Recent studies have identified the CD1 family of cell surface glycoproteins as novel antigen presenting molecules encoded by genes located outside of the major histocompatibility complex. Identification of naturally occurring antigens presented by CD1 has revealed the surprising finding that these prominently include a range of foreign lipids and glycolipids, such as several that are known to exist in the cell walls and membranes of pathogenic mycobacteria. Among the currently known CD1-presented antigens, the best structurally characterized are the mycolic acids and their monoglucosylated analogue, glucose monomycolate (GMM). These compounds have a lipid structure that is unlike any found in mammalian tissues, and occur abundantly as a major outer cell membrane component in a variety of pathogenic bacteria, including Mycobacterium tuberculosis. Recognition of these lipids appears to be a frequent feature of CD1b-restricted M. tuberculosis-specific T cells in humans, suggesting that T cell responses to mycolic acids and GMM may play a significant role in the protective host response to this important pathogen. Studies in the current proposal will assess whether mycolic acids or GMM are among the immunodominant T cell antigens of M. tuberculosis in humans infected with this bacterium, and will seek to clarify the molecular basis for the presentation and recognition of these novel T cell antigens. A combination of preparative and synthetic chemistry will be used to generate a range of structural analogues of mycolic acids and GMM. These will be studied for their ability to be recognized by CD1b-restricted T cells, and for their ability to bind directly to CD1b proteins.

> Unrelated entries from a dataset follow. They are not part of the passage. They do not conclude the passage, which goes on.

//! The calls of a rehearsal that rows make. None of these functions promises anything, so that the proof of a caller
//! has little to look at.

use bootstore_state::Store;
use device_list::Devices;
use envtools::Env;
use output::Out;
use rehearse_runs::{
    Finish, RehearseError, Runs, Source, WordKind, resume_point, try_word, write_listing,
};
use rehearse_terms::{Bounds, Page};
use std::alloc::Global;
use tests_language::{Case, devices_of, env_of};

/// What is rehearsed: the environment and the device list of a case, its variable or its text, and its bounds.
#[derive(Drop)]
pub(crate) struct Given<'a> {
    pub(crate) alloc: Global,
    pub(crate) env: Env,
    pub(crate) devices: Devices,
    pub(crate) source: Source<'a>,
    pub(crate) bounds: Bounds,
}

/// The variable or the text of a case.
fn source_of(case: &Case) -> Source<'_> {
    Source {
        name: &case.name,
        text: case.text.as_ref().map(|text| text.as_slice()),
    }
}

/// What a case rehearses.
pub(crate) fn given_of(case: &Case) -> anyhow::Result<Given<'_>> {
    Ok(Given {
        alloc: case.alloc,
        env: env_of(case)?,
        devices: devices_of(case.alloc, &case.devices)?,
        source: source_of(case),
        bounds: case.bounds,
    })
}

impl Given<'_> {
    /// All runs, or those after a word.
    pub(crate) fn runs<S: Store>(
        &self,
        after: Option<&[u8]>,
    ) -> Result<Runs<'_, S>, RehearseError> {
        let (alloc, env, devices) = (self.alloc, &self.env, &self.devices);
        match after {
            None => Runs::of(alloc, env, devices, self.source, self.bounds),
            Some(word) => Runs::behind(alloc, env, devices, self.source, self.bounds, word),
        }
    }

    /// What kind of word a text is.
    pub(crate) fn kind<S: Store>(&self, word: &[u8]) -> Result<WordKind, RehearseError> {
        let (alloc, env, devices) = (self.alloc, &self.env, &self.devices);
        try_word::<S>(alloc, env, devices, self.source.name, self.bounds, word)
    }
}

/// The word of the next run, if there is one.
pub(crate) fn next_word<S: Store>(
    alloc: Global,
    runs: &mut Runs<'_, S>,
) -> anyhow::Result<Option<Vec<u8>>> {
    match runs.next()? {
        Some(view) => Ok(Some(view.word().to_vec(alloc)?)),
        None => Ok(None),
    }
}

/// How many steps were begun.
pub(crate) fn work_of<S: Store>(runs: &Runs<'_, S>) -> u64 {
    runs.work()
}

/// Writes a listing, up to a limit, which is none where it is 0.
pub(crate) fn list<S: Store, O: Out>(
    runs: &mut Runs<'_, S>,
    names: &[&[u8]],
    limit: u32,
    out: &mut O,
) -> Result<Finish, RehearseError> {
    let limit = if limit == 0 { None } else { Some(limit) };
    write_listing(runs, names, Page { limit }, out)
}

/// The word after which a broken-off listing goes on, and how many bytes of it are written. Before the end of the
/// first record they are `none` and 0.
pub(crate) fn resumed_at(written: &[u8]) -> (&[u8], usize) {
    match resume_point(written) {
        Some(point) => (point.word, point.length),
        None => (b"none", 0),
    }
}
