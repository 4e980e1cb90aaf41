//! Why reading or changing an environment is refused.
use envimage::DataError;
use std::alloc::{AllocError, AllocFailed};
use thiserror::Error;

/// Why an environment could not be read or changed.
#[derive(Clone, Copy, Debug, Drop, PartialEq, Eq, Error)]
pub enum EnvError {
    /// The data has this fault.
    #[error("{0}")]
    Content(DataError),
    /// The name is empty, or holds `=` or a NUL.
    #[error("bad name")]
    BadName,
    /// The value holds a NUL.
    #[error("bad value")]
    BadValue,
    /// Memory ran out.
    #[error("out of memory")]
    Memory,
}

impl From<DataError> for EnvError {
    ghost use Rattle.std.specs.Prelude.{◌≡◌};
    ghost use Rattle.envtools.specs.declared.env_error.EnvError.TheVariants.{Content};

    ghost from_gives = { λ fault e. e ≡ Content fault };

    fn from(fault: DataError) -> EnvError {
        EnvError::Content(fault)
    }
}

impl From<AllocError> for EnvError {
    ghost use Rattle.std.specs.Prelude.{◌≡◌};
    ghost use Rattle.envtools.specs.declared.env_error.EnvError.TheVariants.{Memory};

    ghost from_gives = { λ _ e. e ≡ Memory };

    fn from(_error: AllocError) -> EnvError {
        EnvError::Memory
    }
}

impl<T: Drop> From<AllocFailed<T>> for EnvError {
    ghost use Rattle.std.specs.Prelude.{◌≡◌};
    ghost use Rattle.envtools.specs.declared.env_error.EnvError.TheVariants.{Memory};

    ghost from_gives = { λ _ e. e ≡ Memory };

    fn from(_error: AllocFailed<T>) -> EnvError {
        EnvError::Memory
    }
}
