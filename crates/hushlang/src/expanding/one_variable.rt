//! One variable, for callers that have no store of variables.

use crate::expanding::Vars;

/// Variables of which only one is set.
#[derive(Clone, Copy)]
pub struct OneVariable<'a> {
    /// The variable.
    pub name: &'a [u8],
    /// Its value.
    pub value: &'a [u8],
    /// The status of the last command.
    pub status: u8,
}

impl Vars for OneVariable<'_> {
    ghost use Rattle.std.specs.FinMap.{empty, insert};
    ghost use Rattle.hushlang.specs.Expansion.{parameters_of};

    ghost parameters = { λ one.
        parameters_of (insert empty one.name.now one.value.now) one.status };

    fn get(&self, name: &[u8]) -> Option<&[u8]> {
        if name.cmp(&self.name).is_eq() {
            Some(self.value)
        } else {
            None
        }
    }

    fn status(&self) -> u8 {
        self.status
    }
}
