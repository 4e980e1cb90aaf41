//! The variables of an image's data as a list of slices: for one change, and for printing all.
ghost use Rattle.std.specs.Prelude.{◌≡◌, None, IfOk, OnOk, OnErr, true, List, ℕ, length, map, slice_get};
ghost use Rattle.std.specs.Option.{option_map};
ghost use Rattle.envimage.specs.Data.{data_fault, pairs_of};
ghost use Rattle.envimage.specs.Entries.{pair_at};
ghost use Rattle.envtools.specs.Environment.{HasDistinctNames, IsEnvironment, env_of, dropped, put, has_value, changed_to, is_name, is_value};
ghost use Rattle.envtools.specs.Listed.{IsPlaceOf};

use crate::distinct::are_distinct;
use crate::draft::Draft;
use envimage::entries;
use std::alloc::{AllocError, Global};
use std::marker::Model;

/// The variables of data in their order.
fn in_order(alloc: Global, body: &[u8]) -> Result<Vec<(&[u8], &[u8])>, AllocError>
    requires fault { data_fault body.now ≡ None }
    ensures { IfOk result (λ pairs. map pair_at pairs.items ≡ pairs_of body.now) }
{
    let mut pairs = Vec::new(alloc);
    for pair in entries(body) {
        pairs.push(pair)?;
    }
    Ok(pairs)
}

/// The variables of an image's data, each name once. Names and values are slices of the data.
#[derive(Drop)]
pub struct VariableList<'a> {
    pairs: Vec<(&'a [u8], &'a [u8])>,
}

impl<'a> Model for VariableList<'a> {
    ghost use Rattle.std.specs.Prelude.{List, ℕ, map};
    ghost use Rattle.envimage.specs.Entries.{pair_at};
    ghost use Rattle.envtools.specs.Environment.{IsEnvironment};

    ghost Value = { List (List ℕ × List ℕ) };

    ghost view = { λ list. map pair_at list.pairs.items };

    ghost invariant = { λ list. IsEnvironment (map pair_at list.pairs.items) };
}

impl<'a> VariableList<'a> {
    /// The variables of data without a fault: each name once, in its first place, with its last
    /// value. No table of names is made if none is found twice. Errors: memory ran out.
    pub fn from_checked(alloc: Global, body: &'a [u8]) -> Result<Self, AllocError>
        requires { data_fault body.now ≡ None }
        ensures { IfOk result (λ list. list ≡ env_of (pairs_of body.now)) }
    {
        let pairs = if are_distinct(alloc, body)? {
            in_order(alloc, body)?
        } else {
            Draft::of_data(alloc, body)?.pairs(alloc)?
        };
        Ok(VariableList { pairs })
    }

    /// The list of these variables.
    pub(crate) fn with_pairs(pairs: Vec<(&'a [u8], &'a [u8])>) -> Self
        requires { IsEnvironment (map pair_at pairs.items) }
        ensures { result ≡ map pair_at pairs.entry.items }
    {
        VariableList { pairs }
    }

    /// Takes these variables in place of its own.
    pub(crate) fn replace(&mut self, pairs: Vec<(&'a [u8], &'a [u8])>)
        requires { IsEnvironment (map pair_at pairs.items) }
        ensures { self.new ≡ map pair_at pairs.entry.items }
    {
        self.pairs = pairs;
    }

    /// How many variables there are.
    pub(crate) fn len(&self) -> usize
        ensures len { result ≡ length self.now }
        ensures valid { IsEnvironment self.now }
    {
        self.pairs.len()
    }

    /// The variable at a place.
    pub(crate) fn pair(&self, at: usize) -> Option<(&'a [u8], &'a [u8])>
        ensures { option_map (λ p. (p.0.now, p.1.now)) result ≡ slice_get self.now at }
    {
        let pair = self.pairs.get(at)?;
        Some(*pair)
    }

    /// All variables in order, each a name and a value.
    pub fn as_slice(&self) -> &[(&'a [u8], &'a [u8])]
        ensures pairs { map pair_at result.now ≡ self.now }
        ensures valid { IsEnvironment self.now }
    {
        &self.pairs
    }

    /// Gives a name a value, as `Env::change` does with one word. An error changes nothing.
    pub fn change_to(&mut self, name: &'a [u8], value: &'a [u8]) -> Result<(), AllocError>
        requires name { is_name name.now ≡ true }
        requires value { is_value value.now ≡ true }
        ensures ok { OnOk result (self.new ≡ changed_to self.old name.now value.now) }
        ensures err { OnErr result (self.new ≡ self.old) }
    {
        let place = place_of(&self.pairs, name);
        if value.is_empty() {
            remove_at(&mut self.pairs, place);
            return Ok(());
        }
        if has_value_at(&self.pairs, place, value) {
            return Ok(());
        }
        put_at(&mut self.pairs, place, name, value)
    }
}

/// The place of a name in a list.
fn place_of(pairs: &[(&[u8], &[u8])], name: &[u8]) -> Option<usize>
    ensures { IsPlaceOf (map pair_at pairs.now) name.now result }
{
    for (at, pair) in pairs.iter().enumerate() {
        if name == pair.0 {
            return Some(at);
        }
    }
    None
}

/// Whether the variable at the place of a name, if it has one, has this value.
fn has_value_at(pairs: &[(&[u8], &[u8])], place: Option<usize>, value: &[u8]) -> bool
    requires { HasDistinctNames (map pair_at pairs.now) }
    ensures { (name : List ℕ) → IsPlaceOf (map pair_at pairs.now) name place →
        result ≡ has_value (map pair_at pairs.now) name value.now }
{
    let Some(at) = place else {
        return false;
    };
    match pairs.get(at) {
        Some(pair) => pair.1 == value,
        None => false,
    }
}

/// Removes the variable at the place of a name, if it has one.
fn remove_at(pairs: &mut Vec<(&[u8], &[u8])>, place: Option<usize>)
    requires { HasDistinctNames (map pair_at pairs.old.items) }
    ensures { (name : List ℕ) → IsPlaceOf (map pair_at pairs.old.items) name place →
        map pair_at pairs.new.items ≡ dropped (map pair_at pairs.old.items) name }
{
    if let Some(at) = place {
        if at < pairs.len() {
            pairs.remove(at);
        }
    }
}

/// Puts a variable last, and removes the one at the place of its name, if it has one. An error
/// changes nothing.
fn put_at<'a>(
    pairs: &mut Vec<(&'a [u8], &'a [u8])>,
    place: Option<usize>,
    name: &'a [u8],
    value: &'a [u8],
) -> Result<(), AllocError>
    requires distinct { HasDistinctNames (map pair_at pairs.old.items) }
    requires place { IsPlaceOf (map pair_at pairs.old.items) name.now place }
    ensures ok { OnOk result (map pair_at pairs.new.items
        ≡ put (map pair_at pairs.old.items) name.now value.now) }
    ensures err { OnErr result (pairs.new.items ≡ pairs.old.items) }
{
    pairs.push((name, value))?;
    if let Some(at) = place {
        pairs.remove(at);
    }
    Ok(())
}
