//! The image that replaces a loaded one.
ghost use Rattle.std.specs.Prelude.{◌≡◌, ◌↔◌, ◌<◌, true, map, IfOk, IfErr, Err};
ghost use Rattle.std.specs.List.{AllByRecursion};
ghost use Rattle.envimage.specs.Data.{IsVariable};
ghost use Rattle.envimage.specs.Entries.{pair_at};
ghost use Rattle.envimage.specs.Encoding.{header_len, is_image_size, needed, ReadsBack};
ghost use Rattle.envimage.specs.Image.{loaded_shown};
ghost use Rattle.envtools.specs.Saving.{size_of, next_flag, copy_to_write, saved_image, IsSaveRefusal};

use crate::env::Env;
use crate::list::VariableList;
use envimage::{ImageError, Loaded, Which, encode};
use std::alloc::Global;

/// The number of bytes before the data.
fn header_len(flag: Option<u8>) -> usize
    ensures { result ≡ header_len flag }
{
    match flag {
        None => 4,
        Some(_) => 5,
    }
}

/// The current flag plus one, modulo 256.
fn next_flag(flag: Option<u8>) -> Option<u8>
    ensures { result ≡ next_flag flag }
{
    match flag {
        None => None,
        Some(flag) => Some(flag.wrapping_add(1)),
    }
}

/// The copy of a pair that is not current, or the single image itself.
fn copy_to_write(loaded: &Loaded<'_>) -> Which
    ensures { result ≡ copy_to_write (loaded_shown loaded.now) }
{
    match (loaded.flag, loaded.which) {
        (None, _) => Which::First,
        (Some(_), Which::First) => Which::Second,
        (Some(_), Which::Second) => Which::First,
    }
}

/// Which copy to write for this environment, and its bytes: of a redundant pair the copy that is
/// not current, with the current flag plus one, modulo 256. The size and the byte order are those
/// of the loaded image.
///
/// Refusals in order: `TooLarge`, `Memory`.
pub fn save(alloc: Global, env: &Env, loaded: &Loaded<'_>) -> Result<(Which, Vec<u8>), ImageError>
    requires { is_image_size loaded.now.flag (size_of (loaded_shown loaded.now)) ≡ true }
    ensures too_large { (result ≡ Err ImageError.TooLarge)
        ↔ (size_of (loaded_shown loaded.now) < needed (next_flag loaded.now.flag) env.now) }
    ensures other { IfErr result IsSaveRefusal }
    ensures which { IfOk result (λ w. w.0 ≡ copy_to_write (loaded_shown loaded.now)) }
    ensures bytes { IfOk result (λ w. w.1.items ≡ saved_image env.now (loaded_shown loaded.now)) }
    ensures back { IfOk result
        (λ w. ReadsBack loaded.now.order (next_flag loaded.now.flag) w.1.items env.now) }
{
    if env.entries_len() >= loaded.body.len() {
        return Err(ImageError::TooLarge);
    }
    let pairs = env.pairs()?;
    save_pairs(alloc, &pairs, loaded)
}

/// The same for a list of variables.
pub fn save_list(
    alloc: Global,
    list: &VariableList<'_>,
    loaded: &Loaded<'_>,
) -> Result<(Which, Vec<u8>), ImageError>
    requires { is_image_size loaded.now.flag (size_of (loaded_shown loaded.now)) ≡ true }
    ensures too_large { (result ≡ Err ImageError.TooLarge)
        ↔ (size_of (loaded_shown loaded.now) < needed (next_flag loaded.now.flag) list.now) }
    ensures other { IfErr result IsSaveRefusal }
    ensures which { IfOk result (λ w. w.0 ≡ copy_to_write (loaded_shown loaded.now)) }
    ensures bytes { IfOk result (λ w. w.1.items ≡ saved_image list.now (loaded_shown loaded.now)) }
    ensures back { IfOk result
        (λ w. ReadsBack loaded.now.order (next_flag loaded.now.flag) w.1.items list.now) }
{
    save_pairs(alloc, list.as_slice(), loaded)
}

/// The same for variables, each a name and a value.
fn save_pairs(
    alloc: Global,
    pairs: &[(&[u8], &[u8])],
    loaded: &Loaded<'_>,
) -> Result<(Which, Vec<u8>), ImageError>
    requires size { is_image_size loaded.now.flag (size_of (loaded_shown loaded.now)) ≡ true }
    requires valid { AllByRecursion IsVariable (map pair_at pairs.now) }
    ensures too_large { (result ≡ Err ImageError.TooLarge)
        ↔ (size_of (loaded_shown loaded.now) < needed (next_flag loaded.now.flag)
        (map pair_at pairs.now)) }
    ensures other { IfErr result IsSaveRefusal }
    ensures which { IfOk result (λ w. w.0 ≡ copy_to_write (loaded_shown loaded.now)) }
    ensures bytes { IfOk result
        (λ w. w.1.items ≡ saved_image (map pair_at pairs.now) (loaded_shown loaded.now)) }
    ensures back { IfOk result
        (λ w. ReadsBack loaded.now.order (next_flag loaded.now.flag) w.1.items
        (map pair_at pairs.now)) }
{
    let size = header_len(loaded.flag) + loaded.body.len();
    let image = encode(alloc, pairs, size, next_flag(loaded.flag), loaded.order)?;
    Ok((copy_to_write(loaded), image))
}
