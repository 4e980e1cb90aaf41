//! The tree of a text on the way, token by token.
ghost use Rattle.std.specs.Prelude.{◌≡◌, map, option_map, IfOk, OnOk};
ghost use Rattle.std.specs.List.{list_all};
ghost use Rattle.hushlang.specs.TreesShown as view;
ghost use Rattle.hushlang_old.specs.OldTokensShown as tokens;
ghost use Rattle.hushlang_old.specs.OldTrees as says;
ghost use Rattle.hushlang_old.specs.OldTreesShown as shown;

use crate::found_words::{
    changes_shell, is_assignment, is_constant_word, misname_in, name_in, no_assignment,
    reserved_in, values_of, words_of,
};
use crate::old_tokens::{FoundWord, Token};
use crate::plain_exit::simple_call;
use hushlang::{Command, Op, Script};
use hushlang_uboot::{Gone, Nest, Part, Reserved, begins, is_do, is_header, is_in};
use std::alloc::{AllocError, Global};
use std::mem;

/// Whether the text is read for 2025.01; the block on the way and the compound commands that are open;
/// whether that block has had a separator; the words on the way, whether all of them are assignments,
/// and whether assignments are before them; whether a compound command has just ended; and of a `for` in
/// front of its body, whether it has no name, whether it is reported as a fault when it is run, and the
/// word for its name if that is none.
#[derive(Drop)]
pub(crate) struct Building {
    alloc: Global,
    newer: bool,
    nest: Nest,
    separated: bool,
    words: Vec<FoundWord>,
    assigning: bool,
    behind: bool,
    closed: bool,
    nameless: bool,
    spoilt: bool,
    misname: Vec<u8>,
}
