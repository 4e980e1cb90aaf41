//! A script of changes, applied line by line.
ghost use Rattle.std.specs.Prelude.{◌≡◌, true, List, IfOk, OnOk, OnErr};
ghost use Rattle.std.specs.List.{position};
ghost use Rattle.std.specs.Option.{option_map};
ghost use Rattle.text.specs.Words.{is_space, cut_front, cut_behind};
ghost use Rattle.envimage.specs.Data.{Pair};
ghost use Rattle.envtools.specs.Environment.{changed_to, is_name, is_value};
ghost use Rattle.envtools.specs.Scripting.{is_return, ends_name, name_and_value, line_change, AppliesLine, AppliesScript};

use crate::draft::Draft;
use crate::env::{Env, is_name, is_value};
use crate::list::VariableList;
use std::alloc::{AllocError, Global};
use text::{Lines, cut_behind, cut_front, is_space};
use thiserror::Error;

/// Why a script was refused. Lines count from 1, and skipped lines count too.
#[derive(Clone, Copy, Debug, Drop, PartialEq, Eq, Error)]
pub enum ScriptError {
    /// The line's name is empty, or holds a NUL.
    #[error("script line {0}: bad name")]
    BadName(usize),
    /// The line's value holds a NUL.
    #[error("script line {0}: bad value")]
    BadValue(usize),
    /// Memory ran out.
    #[error("out of memory")]
    Memory,
}

impl From<AllocError> for ScriptError {
    ghost use Rattle.std.specs.Prelude.{◌≡◌};
    ghost use Rattle.envtools.specs.declared.script.ScriptError.TheVariants.{Memory};

    ghost from_gives = { λ _ e. e ≡ Memory };

    fn from(_error: AllocError) -> ScriptError {
        ScriptError::Memory
    }
}

/// Whether a byte ends a name: a blank or `=`.
fn ends_name(byte: u8) -> bool
    ensures { result ≡ ends_name byte }
{
    byte == b'=' || is_space(byte)
}

/// A line without the carriage returns at its end.
fn without_returns(line: &[u8]) -> &[u8]
    ensures { result.now ≡ cut_behind is_return line.now }
{
    cut_behind(line, |byte| byte == b'\r')
}

/// A text without the spaces and tabs at its start.
fn without_spaces(text: &[u8]) -> &[u8]
    ensures { result.now ≡ cut_front is_space text.now }
{
    cut_front(text, |byte| is_space(byte))
}

/// The place of the byte that ends a name.
fn name_end(text: &[u8]) -> Option<usize>
    ensures { result ≡ position ends_name text.now }
{
    text.iter().position(|byte| ends_name(*byte))
}

/// The name with which a text starts, and the value after it.
#[tactic(auto, using(crate::proofs::ScriptLemmas::names))]
fn name_and_value(text: &[u8]) -> (&[u8], &[u8])
    ensures { (result.0.now, result.1.now) ≡ name_and_value text.now }
{
    match name_end(text) {
        None => (text, &[]),
        Some(at) => (&text[..at], without_spaces(&text[at + 1..])),
    }
}

/// The change that a line makes: a name and its new value.
fn line_change(line: &[u8]) -> Option<(&[u8], &[u8])>
    ensures { option_map (λ p. (p.0.now, p.1.now)) result ≡ line_change line.now }
{
    let line = without_returns(line);
    match line {
        [] | [b'#', ..] => return None,
        _ => (),
    }
    let text = without_spaces(line);
    if text.is_empty() {
        return None;
    }
    Some(name_and_value(text))
}

/// Variables that take one change after another.
trait Changing<'a> {
    /// The variables in order.
    ghost pairs: { Self → List Pair };

    /// Gives a name a value, as `Env::change` does with one word. An error changes nothing.
    fn change(&mut self, name: &'a [u8], value: &'a [u8]) -> Result<(), AllocError>
        requires name { is_name name.now ≡ true }
        requires value { is_value value.now ≡ true }
        ensures ok { OnOk result (pairs self.new ≡ changed_to (pairs self.old) name.now value.now) }
        ensures err { OnErr result (pairs self.new ≡ pairs self.old) };
}

impl<'a> Changing<'a> for VariableList<'a> {
    ghost pairs = { λ list. list };

    fn change(&mut self, name: &'a [u8], value: &'a [u8]) -> Result<(), AllocError> {
        self.change_to(name, value)
    }
}

impl<'a> Changing<'a> for Draft<'a> {
    ghost pairs = { λ draft. draft };

    fn change(&mut self, name: &'a [u8], value: &'a [u8]) -> Result<(), AllocError> {
        Draft::change(self, name, value)
    }
}

/// Makes the change of one line. An error changes nothing.
fn apply_line<'a, C: Changing<'a>>(
    variables: &mut C,
    number: usize,
    line: &'a [u8],
) -> Result<(), ScriptError>
    ensures { AppliesLine (C.pairs variables.old) number (line_change line.now)
        (C.pairs variables.new) result }
{
    let Some((name, value)) = line_change(line) else {
        return Ok(());
    };
    if !is_name(name) {
        return Err(ScriptError::BadName(number));
    }
    if !is_value(value) {
        return Err(ScriptError::BadValue(number));
    }
    variables.change(name, value)?;
    Ok(())
}

/// Makes the changes of a script's lines, up to the first refused one.
fn apply_lines<'a, C: Changing<'a>>(variables: &mut C, text: &'a [u8]) -> Result<(), ScriptError>
    ensures { AppliesScript (C.pairs variables.old) text.now (C.pairs variables.new) result }
{
    for (number, line) in Lines::new(text) {
        apply_line(variables, number, line)?;
    }
    Ok(())
}

/// The most lines of a script whose names are looked for in the list itself. What is after the last newline is a line.
const FEW: usize = 32;

/// Whether a script has few lines.
fn has_few_lines(text: &[u8]) -> bool {
    for (number, _line) in Lines::new(text) {
        if number > FEW {
            return false;
        }
    }
    true
}

/// Makes the changes of a script in a list of variables, as `apply_script` makes them in an
/// environment. No name and no value is copied. A tree of all names is made only for more than 32
/// lines. What is after the last newline counts as one.
#[tactic(auto, using(crate::proofs::ScriptLemmas::untouched))]
pub fn apply_script_to_list<'a>(
    alloc: Global,
    list: &mut VariableList<'a>,
    text: &'a [u8],
) -> Result<(), ScriptError>
    ensures { AppliesScript list.old text.now list.new result }
{
    if has_few_lines(text) {
        return apply_lines(list, text);
    }
    let mut draft = Draft::of(alloc, list)?;
    let applied = apply_lines(&mut draft, text);
    list.replace(draft.pairs(alloc)?);
    applied
}

/// The environment that a script reaches from this one, with the fault of the line that is refused. Errors: memory ran out.
fn reached(env: &Env, text: &[u8]) -> Result<(Env, Result<(), ScriptError>), AllocError>
    ensures { IfOk result (λ r. AppliesScript env.now text.now r.0 r.1) }
{
    let alloc = env.allocator();
    let mut list = VariableList::with_pairs(env.pairs()?);
    let applied = apply_script_to_list(alloc, &mut list, text);
    let hasher = env.hasher().with(text);
    Ok((Env::of_list(alloc, &list, hasher)?, applied))
}

/// Makes the changes of a script, one on each line. Carriage returns at the end of a line are
/// dropped. A line that starts with `#`, or has only spaces and tabs, is skipped. Blanks at the
/// start are skipped. The name ends before the first blank or `=`; that byte and the blanks after
/// it are dropped. The rest is the value, as it is. No value, or an empty one, deletes. A later
/// line acts on what earlier lines left.
///
/// If a line is refused, the environment is the one after the lines before it, also if the line was
/// refused because memory ran out. If memory runs out before the lines or after them, nothing
/// changes. The time grows with the script and the environment, not with their product.
#[tactic(auto, using(crate::proofs::ScriptLemmas::untouched))]
pub fn apply_script(env: &mut Env, text: &[u8]) -> Result<(), ScriptError>
    ensures { AppliesScript env.old text.now env.new result }
{
    let (changed, applied) = reached(env, text)?;
    *env = changed;
    applied
}
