//! How a variable is printed: the form, and one entry in it.
ghost use Rattle.std.specs.Prelude.{◌≡◌};
ghost use Rattle.text.specs.Escapes.{text_form, word_form};
ghost use Rattle.output.specs.Sink.{Prints};
ghost use Rattle.envtools.specs.Printing.{end_of, header_of, line, shown_name, shown_value};

use output::{Out, OutFault, write_all};
use text::Escaped;

/// How a variable is printed.
#[derive(Clone, Copy, Debug, PartialEq, Eq)]
pub struct PrintForm {
    /// Whether `NAME=` is printed before a value.
    pub header: bool,
    /// Whether the name is printed in word form and the value in text form, so that an entry is one
    /// line.
    pub escaped: bool,
    /// Whether an entry is ended by a NUL byte and not by a newline.
    pub null: bool,
}

impl PrintForm {
    /// What ends an entry: a NUL byte or a newline.
    fn end(self) -> &'static [u8]
        ensures { result.now ≡ end_of self }
    {
        if self.null { b"\0" } else { b"\n" }
    }
}

/// Writes bytes in text form.
fn write_text<O: Out>(out: &mut O, bytes: &[u8]) -> Result<(), OutFault>
    ensures { Prints result (O.sink out.old) (O.sink out.new) (text_form bytes.now) }
{
    for byte in bytes {
        write_all(out, Escaped::in_text(*byte).as_slice())?;
    }
    Ok(())
}

/// Writes bytes in word form.
fn write_word<O: Out>(out: &mut O, bytes: &[u8]) -> Result<(), OutFault>
    ensures { Prints result (O.sink out.old) (O.sink out.new) (word_form bytes.now) }
{
    if bytes.is_empty() {
        return write_all(out, b"\\e");
    }
    for byte in bytes {
        write_all(out, Escaped::in_word(*byte).as_slice())?;
    }
    Ok(())
}

fn print_name<O: Out>(out: &mut O, name: &[u8], form: PrintForm) -> Result<(), OutFault>
    ensures { Prints result (O.sink out.old) (O.sink out.new) (shown_name form name.now) }
{
    if form.escaped {
        write_word(out, name)
    } else {
        write_all(out, name)
    }
}

/// Prints a name and `=`, if the form has them.
fn print_header<O: Out>(out: &mut O, name: &[u8], form: PrintForm) -> Result<(), OutFault>
    ensures { Prints result (O.sink out.old) (O.sink out.new) (header_of form name.now) }
{
    if !form.header {
        return Ok(());
    }
    print_name(out, name, form)?;
    write_all(out, b"=")
}

fn print_value<O: Out>(out: &mut O, value: &[u8], form: PrintForm) -> Result<(), OutFault>
    ensures { Prints result (O.sink out.old) (O.sink out.new) (shown_value form value.now) }
{
    if form.escaped {
        write_text(out, value)
    } else {
        write_all(out, value)
    }
}

/// Prints the entry of a variable.
pub(crate) fn print_line<O: Out>(
    out: &mut O,
    name: &[u8],
    value: &[u8],
    form: PrintForm,
) -> Result<(), OutFault>
    ensures { Prints result (O.sink out.old) (O.sink out.new) (line form (name.now, value.now)) }
{
    print_header(out, name, form)?;
    print_value(out, value, form)?;
    write_all(out, form.end())
}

In addition, the structural basis for the binding of these antigens to the CD1b protein will be analyzed by carrying out site directed mutagenesis of residues forming the predicted ligand binding groove of CD1b. These studies will lead to a detailed understanding of the fundamental rules governing the interaction of a newly recognized class of T cell antigens with their antigen presenting molecule. The identification and detailed analysis of this newly recognized pathway for T cell antigen recognition is likely to be important for understanding the human immune response to M. tuberculosis and related pathogens, and has potential implications for future vaccine development efforts.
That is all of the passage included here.